→ **What this task involves**
Write out nothing except the lines running from the one containing "file[at] as usize == kind as usize + 1" to the last line of the data, exactly as they stand.

□ □ □

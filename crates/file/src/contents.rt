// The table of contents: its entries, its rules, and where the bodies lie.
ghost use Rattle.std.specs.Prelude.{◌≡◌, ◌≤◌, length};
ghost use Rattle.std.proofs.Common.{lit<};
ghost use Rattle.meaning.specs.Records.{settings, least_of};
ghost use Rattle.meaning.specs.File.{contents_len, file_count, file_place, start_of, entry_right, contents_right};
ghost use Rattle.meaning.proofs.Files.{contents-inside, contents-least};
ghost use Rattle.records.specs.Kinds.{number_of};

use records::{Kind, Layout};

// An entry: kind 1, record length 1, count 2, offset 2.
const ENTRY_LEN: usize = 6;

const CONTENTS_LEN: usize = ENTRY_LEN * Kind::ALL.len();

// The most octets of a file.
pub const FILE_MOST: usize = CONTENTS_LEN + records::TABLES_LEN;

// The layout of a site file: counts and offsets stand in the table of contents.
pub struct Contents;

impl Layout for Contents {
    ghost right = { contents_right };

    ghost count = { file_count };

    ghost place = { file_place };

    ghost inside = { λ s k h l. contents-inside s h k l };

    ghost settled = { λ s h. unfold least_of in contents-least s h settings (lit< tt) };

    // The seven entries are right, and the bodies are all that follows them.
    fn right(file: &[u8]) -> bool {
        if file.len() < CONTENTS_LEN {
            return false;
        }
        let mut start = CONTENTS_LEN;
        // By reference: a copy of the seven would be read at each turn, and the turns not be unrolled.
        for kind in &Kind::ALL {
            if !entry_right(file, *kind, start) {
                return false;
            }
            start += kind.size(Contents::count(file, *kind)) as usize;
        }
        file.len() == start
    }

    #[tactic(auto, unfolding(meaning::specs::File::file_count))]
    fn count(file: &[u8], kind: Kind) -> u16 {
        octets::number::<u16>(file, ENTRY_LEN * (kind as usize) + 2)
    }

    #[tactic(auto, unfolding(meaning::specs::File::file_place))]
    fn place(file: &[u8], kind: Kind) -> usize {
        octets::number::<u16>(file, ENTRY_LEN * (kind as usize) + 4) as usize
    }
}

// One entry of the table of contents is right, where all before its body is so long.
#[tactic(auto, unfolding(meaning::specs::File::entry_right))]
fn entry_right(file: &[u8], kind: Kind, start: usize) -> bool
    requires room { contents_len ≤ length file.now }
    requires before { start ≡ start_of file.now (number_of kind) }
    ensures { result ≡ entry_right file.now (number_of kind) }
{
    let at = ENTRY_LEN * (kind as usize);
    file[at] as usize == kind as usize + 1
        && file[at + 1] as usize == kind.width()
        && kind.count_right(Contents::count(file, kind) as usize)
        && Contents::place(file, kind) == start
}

□ □ □

→ **Response to the task**
    file[at] as usize == kind as usize + 1
        && file[at + 1] as usize == kind.width()
        && kind.count_right(Contents::count(file, kind) as usize)
        && Contents::place(file, kind) == start
}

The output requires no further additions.